* _Work to be completed_
Reply solely with the number of lines, in the records underneath, that include the word "ParseFault".

★ ★ ★ ★ ★ ★ ★

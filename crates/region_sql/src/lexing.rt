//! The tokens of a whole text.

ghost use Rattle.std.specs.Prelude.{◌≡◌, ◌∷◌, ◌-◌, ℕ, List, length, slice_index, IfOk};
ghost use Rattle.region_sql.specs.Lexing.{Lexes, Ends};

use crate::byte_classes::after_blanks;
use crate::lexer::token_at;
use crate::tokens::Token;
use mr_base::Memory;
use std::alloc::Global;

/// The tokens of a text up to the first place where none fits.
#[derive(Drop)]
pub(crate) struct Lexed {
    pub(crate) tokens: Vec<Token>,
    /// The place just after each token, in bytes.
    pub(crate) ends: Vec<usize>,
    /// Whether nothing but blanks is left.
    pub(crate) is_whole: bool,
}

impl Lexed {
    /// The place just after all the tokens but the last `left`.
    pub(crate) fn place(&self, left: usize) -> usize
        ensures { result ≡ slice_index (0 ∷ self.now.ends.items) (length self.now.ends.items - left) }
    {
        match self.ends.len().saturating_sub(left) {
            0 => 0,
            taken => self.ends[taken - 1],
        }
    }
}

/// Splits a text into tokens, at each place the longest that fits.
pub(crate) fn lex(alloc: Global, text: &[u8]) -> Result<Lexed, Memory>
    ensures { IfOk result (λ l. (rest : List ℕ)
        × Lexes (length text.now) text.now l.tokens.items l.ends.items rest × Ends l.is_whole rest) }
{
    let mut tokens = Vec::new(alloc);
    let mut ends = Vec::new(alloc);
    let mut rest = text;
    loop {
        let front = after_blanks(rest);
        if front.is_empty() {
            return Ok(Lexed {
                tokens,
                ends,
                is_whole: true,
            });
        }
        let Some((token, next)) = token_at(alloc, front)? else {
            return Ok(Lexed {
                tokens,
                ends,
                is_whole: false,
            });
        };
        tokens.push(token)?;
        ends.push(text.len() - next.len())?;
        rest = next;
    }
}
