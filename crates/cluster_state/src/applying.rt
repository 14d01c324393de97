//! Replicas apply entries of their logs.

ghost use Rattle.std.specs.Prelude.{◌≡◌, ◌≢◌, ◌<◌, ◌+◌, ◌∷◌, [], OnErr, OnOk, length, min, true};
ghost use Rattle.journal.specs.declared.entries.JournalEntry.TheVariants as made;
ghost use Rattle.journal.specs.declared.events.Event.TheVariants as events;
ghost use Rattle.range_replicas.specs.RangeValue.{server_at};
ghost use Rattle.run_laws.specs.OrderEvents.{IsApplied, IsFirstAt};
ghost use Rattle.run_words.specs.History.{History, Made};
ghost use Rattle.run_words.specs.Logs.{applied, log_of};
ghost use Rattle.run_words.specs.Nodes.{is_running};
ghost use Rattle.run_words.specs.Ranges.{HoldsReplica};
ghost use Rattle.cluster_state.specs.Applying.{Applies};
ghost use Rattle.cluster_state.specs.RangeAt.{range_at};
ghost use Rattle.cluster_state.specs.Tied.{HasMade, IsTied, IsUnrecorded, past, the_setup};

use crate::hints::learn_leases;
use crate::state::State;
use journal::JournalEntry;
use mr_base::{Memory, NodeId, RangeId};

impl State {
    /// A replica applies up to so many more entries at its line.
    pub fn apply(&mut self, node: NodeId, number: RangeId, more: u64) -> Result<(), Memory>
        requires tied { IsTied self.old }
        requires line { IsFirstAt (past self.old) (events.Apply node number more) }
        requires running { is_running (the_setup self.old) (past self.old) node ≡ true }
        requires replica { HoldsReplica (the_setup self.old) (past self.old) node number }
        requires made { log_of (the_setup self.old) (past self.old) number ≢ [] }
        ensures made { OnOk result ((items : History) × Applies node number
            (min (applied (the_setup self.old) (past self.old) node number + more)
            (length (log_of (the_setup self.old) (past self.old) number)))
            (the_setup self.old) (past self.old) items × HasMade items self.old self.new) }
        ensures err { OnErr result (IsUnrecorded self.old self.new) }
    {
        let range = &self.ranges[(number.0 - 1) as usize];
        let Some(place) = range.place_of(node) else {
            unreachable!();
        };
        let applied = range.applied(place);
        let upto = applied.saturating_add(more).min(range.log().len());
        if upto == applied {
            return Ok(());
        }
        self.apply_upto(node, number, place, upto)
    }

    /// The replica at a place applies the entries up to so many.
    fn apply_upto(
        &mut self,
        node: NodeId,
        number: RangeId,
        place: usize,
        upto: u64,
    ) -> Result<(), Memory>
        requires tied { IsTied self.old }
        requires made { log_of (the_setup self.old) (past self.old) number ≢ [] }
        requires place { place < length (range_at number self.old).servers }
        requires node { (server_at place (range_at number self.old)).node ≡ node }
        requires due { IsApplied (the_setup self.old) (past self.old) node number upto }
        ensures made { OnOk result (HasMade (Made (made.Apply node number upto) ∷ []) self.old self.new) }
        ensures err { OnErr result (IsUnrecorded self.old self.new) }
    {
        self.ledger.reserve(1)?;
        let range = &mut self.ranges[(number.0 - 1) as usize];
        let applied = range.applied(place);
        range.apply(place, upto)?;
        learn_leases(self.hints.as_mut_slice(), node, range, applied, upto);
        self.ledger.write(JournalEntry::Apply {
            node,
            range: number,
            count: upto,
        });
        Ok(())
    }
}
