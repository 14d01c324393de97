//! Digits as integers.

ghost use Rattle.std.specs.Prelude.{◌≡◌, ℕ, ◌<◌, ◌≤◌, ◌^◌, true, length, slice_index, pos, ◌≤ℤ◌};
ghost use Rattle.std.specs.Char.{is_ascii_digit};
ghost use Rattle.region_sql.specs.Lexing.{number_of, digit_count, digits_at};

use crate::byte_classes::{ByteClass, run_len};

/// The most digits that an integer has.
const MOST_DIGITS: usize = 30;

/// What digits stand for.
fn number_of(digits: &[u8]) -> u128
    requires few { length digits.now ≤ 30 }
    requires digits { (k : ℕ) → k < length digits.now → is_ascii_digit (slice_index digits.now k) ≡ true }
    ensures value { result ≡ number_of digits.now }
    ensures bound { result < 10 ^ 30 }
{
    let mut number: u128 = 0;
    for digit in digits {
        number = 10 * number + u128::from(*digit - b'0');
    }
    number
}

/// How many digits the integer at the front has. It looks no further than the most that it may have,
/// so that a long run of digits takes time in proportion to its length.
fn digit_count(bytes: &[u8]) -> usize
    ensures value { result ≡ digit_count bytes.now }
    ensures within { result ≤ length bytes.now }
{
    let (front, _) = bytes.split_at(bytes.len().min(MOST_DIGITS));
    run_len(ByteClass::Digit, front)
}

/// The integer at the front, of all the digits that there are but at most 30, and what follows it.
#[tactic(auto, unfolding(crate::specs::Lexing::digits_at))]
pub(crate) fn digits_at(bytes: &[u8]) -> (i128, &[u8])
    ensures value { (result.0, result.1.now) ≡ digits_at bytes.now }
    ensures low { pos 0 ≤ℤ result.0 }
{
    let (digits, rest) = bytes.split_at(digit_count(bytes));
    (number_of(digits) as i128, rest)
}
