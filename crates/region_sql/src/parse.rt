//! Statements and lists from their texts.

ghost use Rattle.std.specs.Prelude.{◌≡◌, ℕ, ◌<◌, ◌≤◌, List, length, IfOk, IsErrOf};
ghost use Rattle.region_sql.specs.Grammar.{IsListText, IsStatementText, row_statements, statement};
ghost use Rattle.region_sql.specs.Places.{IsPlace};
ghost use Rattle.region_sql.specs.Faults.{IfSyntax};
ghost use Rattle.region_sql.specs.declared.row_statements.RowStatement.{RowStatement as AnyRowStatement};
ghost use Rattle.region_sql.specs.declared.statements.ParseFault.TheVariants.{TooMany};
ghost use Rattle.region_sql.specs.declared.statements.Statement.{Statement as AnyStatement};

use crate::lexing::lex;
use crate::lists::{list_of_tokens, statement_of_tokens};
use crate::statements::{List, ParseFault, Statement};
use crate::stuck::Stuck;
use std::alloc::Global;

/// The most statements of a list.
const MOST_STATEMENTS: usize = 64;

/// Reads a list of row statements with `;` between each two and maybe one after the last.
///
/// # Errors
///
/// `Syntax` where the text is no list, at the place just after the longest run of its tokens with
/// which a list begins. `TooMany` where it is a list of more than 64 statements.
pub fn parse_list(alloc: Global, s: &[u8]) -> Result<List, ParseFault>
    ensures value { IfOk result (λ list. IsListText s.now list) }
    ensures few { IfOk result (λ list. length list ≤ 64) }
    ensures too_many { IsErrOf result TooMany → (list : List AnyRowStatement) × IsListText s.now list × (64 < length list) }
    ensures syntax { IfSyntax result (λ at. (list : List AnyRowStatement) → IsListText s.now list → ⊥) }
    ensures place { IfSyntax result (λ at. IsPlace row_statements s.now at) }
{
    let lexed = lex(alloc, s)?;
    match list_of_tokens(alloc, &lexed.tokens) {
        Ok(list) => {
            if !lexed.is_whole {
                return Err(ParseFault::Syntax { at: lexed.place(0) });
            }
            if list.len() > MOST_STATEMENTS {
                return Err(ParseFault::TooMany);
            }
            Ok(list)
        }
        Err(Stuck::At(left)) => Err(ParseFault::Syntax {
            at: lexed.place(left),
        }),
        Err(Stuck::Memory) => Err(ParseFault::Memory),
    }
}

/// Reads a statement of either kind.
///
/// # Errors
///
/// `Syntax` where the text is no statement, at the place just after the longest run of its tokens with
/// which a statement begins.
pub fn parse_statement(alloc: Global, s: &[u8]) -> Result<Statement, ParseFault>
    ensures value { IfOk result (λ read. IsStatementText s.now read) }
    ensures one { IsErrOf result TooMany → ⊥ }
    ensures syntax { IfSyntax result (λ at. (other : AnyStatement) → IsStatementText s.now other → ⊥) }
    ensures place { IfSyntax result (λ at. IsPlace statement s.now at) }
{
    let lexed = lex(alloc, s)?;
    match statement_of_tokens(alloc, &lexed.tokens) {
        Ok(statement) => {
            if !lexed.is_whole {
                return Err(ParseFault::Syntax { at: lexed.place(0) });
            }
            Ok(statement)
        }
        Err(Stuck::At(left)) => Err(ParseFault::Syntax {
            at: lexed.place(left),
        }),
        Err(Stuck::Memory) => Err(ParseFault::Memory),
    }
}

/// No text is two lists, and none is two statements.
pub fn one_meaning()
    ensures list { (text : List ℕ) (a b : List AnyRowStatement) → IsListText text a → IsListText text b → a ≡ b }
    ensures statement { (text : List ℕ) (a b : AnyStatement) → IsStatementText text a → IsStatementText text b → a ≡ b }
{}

★ ★ ★ ★ ★ ★ ★

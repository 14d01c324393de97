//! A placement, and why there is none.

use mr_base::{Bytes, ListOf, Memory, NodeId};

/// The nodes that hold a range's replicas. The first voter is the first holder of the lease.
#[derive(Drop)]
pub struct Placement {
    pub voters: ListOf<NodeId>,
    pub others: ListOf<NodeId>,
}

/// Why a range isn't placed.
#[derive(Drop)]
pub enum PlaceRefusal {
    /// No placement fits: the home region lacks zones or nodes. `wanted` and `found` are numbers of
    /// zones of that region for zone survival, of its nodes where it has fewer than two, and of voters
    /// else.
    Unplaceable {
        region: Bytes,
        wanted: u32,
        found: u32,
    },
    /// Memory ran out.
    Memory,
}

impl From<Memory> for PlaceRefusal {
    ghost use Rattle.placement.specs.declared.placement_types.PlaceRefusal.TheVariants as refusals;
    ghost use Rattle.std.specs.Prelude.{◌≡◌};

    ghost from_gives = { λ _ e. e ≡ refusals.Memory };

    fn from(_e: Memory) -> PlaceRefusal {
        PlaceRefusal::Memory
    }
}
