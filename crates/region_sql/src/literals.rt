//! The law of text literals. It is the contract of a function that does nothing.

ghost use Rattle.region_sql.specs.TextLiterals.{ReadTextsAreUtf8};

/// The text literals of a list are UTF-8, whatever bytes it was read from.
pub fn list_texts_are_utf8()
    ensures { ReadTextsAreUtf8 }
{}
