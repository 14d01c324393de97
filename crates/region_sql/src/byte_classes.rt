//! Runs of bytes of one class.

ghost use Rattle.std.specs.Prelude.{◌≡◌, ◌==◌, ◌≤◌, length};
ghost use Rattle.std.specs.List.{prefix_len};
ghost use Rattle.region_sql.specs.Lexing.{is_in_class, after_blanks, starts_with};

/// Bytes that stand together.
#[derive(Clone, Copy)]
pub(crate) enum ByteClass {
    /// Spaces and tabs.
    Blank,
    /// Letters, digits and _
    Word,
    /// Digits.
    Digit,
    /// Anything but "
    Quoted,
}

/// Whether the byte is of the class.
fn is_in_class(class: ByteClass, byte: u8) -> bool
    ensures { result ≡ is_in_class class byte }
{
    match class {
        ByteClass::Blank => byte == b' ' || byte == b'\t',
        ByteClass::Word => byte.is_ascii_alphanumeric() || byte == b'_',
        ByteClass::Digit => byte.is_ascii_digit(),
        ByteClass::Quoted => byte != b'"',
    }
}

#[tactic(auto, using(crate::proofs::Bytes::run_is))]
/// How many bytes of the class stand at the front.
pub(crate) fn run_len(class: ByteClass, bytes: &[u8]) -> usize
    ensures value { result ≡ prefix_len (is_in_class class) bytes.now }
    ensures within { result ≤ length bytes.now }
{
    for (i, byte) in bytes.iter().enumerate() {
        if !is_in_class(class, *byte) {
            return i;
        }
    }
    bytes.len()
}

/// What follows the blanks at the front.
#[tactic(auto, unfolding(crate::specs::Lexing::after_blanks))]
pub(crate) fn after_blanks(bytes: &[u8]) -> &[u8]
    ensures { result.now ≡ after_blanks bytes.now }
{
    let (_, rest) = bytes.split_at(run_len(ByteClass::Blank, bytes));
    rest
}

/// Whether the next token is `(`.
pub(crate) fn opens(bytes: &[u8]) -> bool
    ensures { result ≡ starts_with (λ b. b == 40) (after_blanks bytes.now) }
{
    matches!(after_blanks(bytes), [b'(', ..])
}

★ ★ ★ ★ ★ ★ ★

* _Exercise answer_
11